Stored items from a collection
• • • • •

//! Combinatorial maps for the tests, and what they compare. Each test makes and drops its map in a function of its own.
ghost use Rattle.std.specs.Prelude.{◌≤◌};
ghost use Rattle.map_defs.specs.Kind.{beta};
ghost use Rattle.map_defs.specs.Rows.{links_of};
ghost use Rattle.map_defs.specs.Laws.{Laws};

use crate::maps::{dart, sew};
use link_rows::Links;
use map_kind::Beta;
use std::alloc::{AllocError, Global};
use std::process::Abort;

/// The map without darts.
pub fn no_darts<const DIM: usize>(alloc: Global) -> Links<Beta, DIM>
    requires low { 2 ≤ DIM }
    requires high { DIM ≤ 8 }
    ensures { Laws beta (links_of result.rows) }
{
    Links::new(alloc)
}

/// Sews the two darts of each pair.
pub fn sew_pairs<const DIM: usize>(
    rt: &impl Abort,
    alloc: Global,
    links: &mut Links<Beta, DIM>,
    link: usize,
    pairs: &[(u32, u32)],
)
    requires link { link ≤ DIM }
    requires laws { Laws beta (links_of links.old.rows) }
    ensures { Laws beta (links_of links.new.rows) }
{
    for pair in pairs {
        sew(rt, alloc, links, link, pair.0, pair.1);
    }
}

/// The links 0 to `DIM` of live darts.
fn rows<const DIM: usize>(
    rt: &impl Abort,
    alloc: Global,
    links: &Links<Beta, DIM>,
    numbers: &[u32],
) -> Result<Vec<u32>, AllocError> {
    let mut rows = Vec::new(alloc);
    for number in numbers {
        let dart = dart(rt, links, *number);
        for link in 0..links.dimension() + 1 {
            rows.push(links.number_at(dart, link))?;
        }
    }
    Ok(rows)
}

/// Compares the links 0 to `DIM` of live darts.
pub fn check_rows<const DIM: usize>(
    rt: &impl Abort,
    alloc: Global,
    links: &Links<Beta, DIM>,
    numbers: &[u32],
    wanted: &[u32],
) {
    match rows(rt, alloc, links, numbers) {
        Ok(rows) => assert_eq!(rt; rows.as_slice(), wanted),
        Err(_) => panic!(rt; "no memory"),
    }
}
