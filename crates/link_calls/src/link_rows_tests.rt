ghost use Rattle.std.specs.Prelude.{◌≡◌, slice_set};
ghost use Rattle.map_defs.specs.Edits.{free_row};

use dart_arena::MADE_MAX;
use link_rows::{
    BornRows, Change, Edit, LinkBuilder, Links, PlainEdit, ReserveFault, Row, polygon_edit,
};
use map_kind::{Alpha, Beta, Dart};
use std::test::Fail;

#[test]
fn darts_are_born_and_taken_back(rt: HostRuntime) -> Result<(), Fail> {
    let alloc = rt.alloc();
    let mut links = Links::<Alpha, 8>::new(alloc);
    assert!(&rt; links.reserve(2).is_ok());
    let births = PlainEdit {
        births: 2,
        deaths: Vec::new(alloc),
        changes: Vec::new(alloc),
    };
    links.apply_plain(&births);
    assert_eq!(&rt; (links.made(), links.live_count()), (2, 2));
    assert_eq!(&rt; links.next_live(1).map(Dart::number), Some(2));
    assert!(&rt; links.is_free(Dart::new(2).unwrap(), 7));
    links.reverse_plain(&births);
    assert_eq!(&rt; (links.made(), links.live_count()), (0, 0));
    Ok(())
}

// Two darts are born and sewn, the first one ends, and both steps are taken back.
#[test]
fn links_are_changed_and_taken_back(rt: HostRuntime) -> Result<(), Fail> {
    let alloc = rt.alloc();
    let one = Dart::new(1).unwrap();
    let two = Dart::new(2).unwrap();
    let mut links = Links::<Alpha, 8>::new(alloc);
    assert!(&rt; links.reserve(2).is_ok());
    let sewn = PlainEdit {
        births: 2,
        deaths: Vec::new(alloc),
        changes: Vec::from_slice(alloc, &[change(one, 0, 2), change(two, 0, 1)])?,
    };
    links.apply_plain(&sewn);
    let ended = PlainEdit {
        births: 0,
        deaths: Vec::from_slice(alloc, &[one])?,
        changes: Vec::from_slice(alloc, &[change(one, 2, 0), change(two, 1, 0)])?,
    };
    links.apply_plain(&ended);
    assert_eq!(&rt; (links.is_live(one), links.link(two, 8)), (false, None));
    links.reverse_plain(&ended);
    assert_eq!(&rt;
        (links.link(one, 8), links.link(two, 8)),
        (Some(two), Some(one))
    );
    assert_eq!(&rt; links.link(two, 7), None);
    Ok(())
}

fn change(dart: Dart, old: u32, new: u32) -> Change
    ensures { result ≡ record { dart = dart; link = 8; old = old; new = new } }
{
    Change::new(dart, 8, old, new)
}

// Two darts are born joined by link 8: their rows tell it, and so do the changes that the rows stand for.
#[test]
fn links_of_new_darts_are_told_by_rows(rt: HostRuntime) -> Result<(), Fail> {
    let alloc = rt.alloc();
    let one = Dart::new(1).unwrap();
    let two = Dart::new(2).unwrap();
    let mut born = BornRows::with_room(alloc, one, 9, 2)?;
    born.push(&row(2))?;
    born.push(&row(1))?;
    let edit = Edit {
        births: 2,
        deaths: Vec::new(alloc),
        changes: Vec::new(alloc),
        born,
    };
    assert_eq!(&rt;
        edit.all_changes(alloc)?.as_slice(),
        [change(one, 0, 2), change(two, 0, 1)].as_slice()
    );
    Ok(())
}

/// The row of a dart whose link 8 leads to another.
fn row(to: u32) -> Row<8>
    ensures { result ≡ slice_set (free_row 8) 8 to }
{
    let mut row = Row::zeros();
    row.set(8, to);
    row
}

// Dart 2 is born with a row that names dart 1 at link 8, and dart 1 leads back.
#[test]
fn old_darts_lead_back_to_new_ones(rt: HostRuntime) -> Result<(), Fail> {
    let alloc = rt.alloc();
    let one = Dart::new(1).unwrap();
    let two = Dart::new(2).unwrap();
    let mut born = BornRows::with_room(alloc, two, 9, 1)?;
    born.lead_back(8);
    born.push(&row(1))?;
    let edit = Edit {
        births: 1,
        deaths: Vec::new(alloc),
        changes: Vec::new(alloc),
        born,
    };
    assert_eq!(&rt; (edit.born.back(), edit.born.len()), (Some(8), 1));
    assert_eq!(&rt; edit.change_of(one, 8), Some(change(one, 0, 2)));
    assert_eq!(&rt;
        edit.all_changes(alloc)?.as_slice(),
        [change(one, 0, 2), change(two, 0, 1)].as_slice()
    );
    Ok(())
}

// The rows of darts 3 and 4 are put in their places. Dart 4 has link 8 alone, and the changes say no more.
#[test]
fn rows_are_put_in_their_places(rt: HostRuntime) -> Result<(), Fail> {
    let alloc = rt.alloc();
    let three = Dart::new(3).unwrap();
    let four = Dart::new(4).unwrap();
    let mut born = BornRows::zeros(alloc, three, 9, 2)?;
    born.put(1, &row(3));
    born.set(0, 8, 4);
    let edit = Edit {
        births: 2,
        deaths: Vec::new(alloc),
        changes: Vec::new(alloc),
        born,
    };
    assert_eq!(&rt;
        (edit.born.begin_by(2), edit.born.begin_by(3)),
        (false, true)
    );
    assert_eq!(&rt; edit.change_of(four, 8), Some(change(four, 0, 3)));
    assert_eq!(&rt; edit.change_of(four, 7), None);
    assert_eq!(&rt;
        edit.all_changes(alloc)?.as_slice(),
        [change(three, 0, 4), change(four, 0, 3)].as_slice()
    );
    Ok(())
}

#[test]
fn a_triangle_is_made_and_taken_back(rt: HostRuntime) -> Result<(), Fail> {
    let alloc = rt.alloc();
    let mut links = Links::<Alpha, 8>::new(alloc);
    assert!(&rt; links.reserve(6).is_ok());
    let triangle = polygon_edit(alloc, &links, 3)?;
    links.apply(&triangle);
    assert_eq!(&rt; links.made(), 6);
    assert_eq!(&rt; links.link(Dart::new(6).unwrap(), 1), Dart::new(1));
    assert_eq!(&rt; links.link(Dart::new(6).unwrap(), 0), Dart::new(5));
    links.reverse(&triangle);
    assert_eq!(&rt; (links.made(), links.live_count()), (0, 0));
    Ok(())
}

#[test]
fn no_more_darts_are_made_than_may_be(rt: HostRuntime) {
    let mut links = Links::<Alpha, 2>::new(rt.alloc());
    assert_eq!(&rt; links.reserve(MADE_MAX + 1), Err(ReserveFault::Full));
}

#[test]
fn links_are_set_one_by_one(rt: HostRuntime) -> Result<(), Fail> {
    let one = Dart::new(1).unwrap();
    let mut builder = LinkBuilder::<Alpha, 8>::new(rt.alloc(), 2)
        .ok()
        .ok_or("no memory")?;
    builder.set(one, 8, 2);
    builder.set(one, 8, 0);
    let links = builder.finish();
    assert_eq!(&rt; (links.made(), links.link(one, 8)), (2, None));
    Ok(())
}

// Link 0 of a side leads to its other end, link 1 to the next side, and link 2 is free: turned round, link 0 is free.
#[test]
fn links_of_a_triangle_are_turned_round(rt: HostRuntime) -> Result<(), Fail> {
    let alloc = rt.alloc();
    let mut links = Links::<Alpha, 2>::new(alloc);
    assert!(&rt; links.reserve(6).is_ok());
    let triangle = polygon_edit(alloc, &links, 3)?;
    links.apply(&triangle);
    let six = Dart::new(6).unwrap();
    links.reverse_links();
    assert_eq!(&rt; (links.made(), links.live_count()), (6, 6));
    assert_eq!(&rt; links.link(six, 0), None);
    assert_eq!(&rt; links.link(six, 1), Dart::new(1));
    assert_eq!(&rt; links.link(six, 2), Dart::new(5));
    Ok(())
}

// The map without darts is its own dual.
#[test]
fn no_darts_are_turned(rt: HostRuntime) {
    let mut links = Links::<Beta, 3>::new(rt.alloc());
    links.dualize();
    assert_eq!(&rt; (links.made(), links.live_count()), (0, 0));
}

• • • • •

YOUR INSTRUCTIONS. Wherever a line in the data above holds the word "leads", copy that line.

THE ANSWER.
/// The row of a dart whose link 8 leads to another.
// Dart 2 is born with a row that names dart 1 at link 8, and dart 1 leads back.
// Link 0 of a side leads to its other end, link 1 to the next side, and link 2 is free: turned round, link 0 is free.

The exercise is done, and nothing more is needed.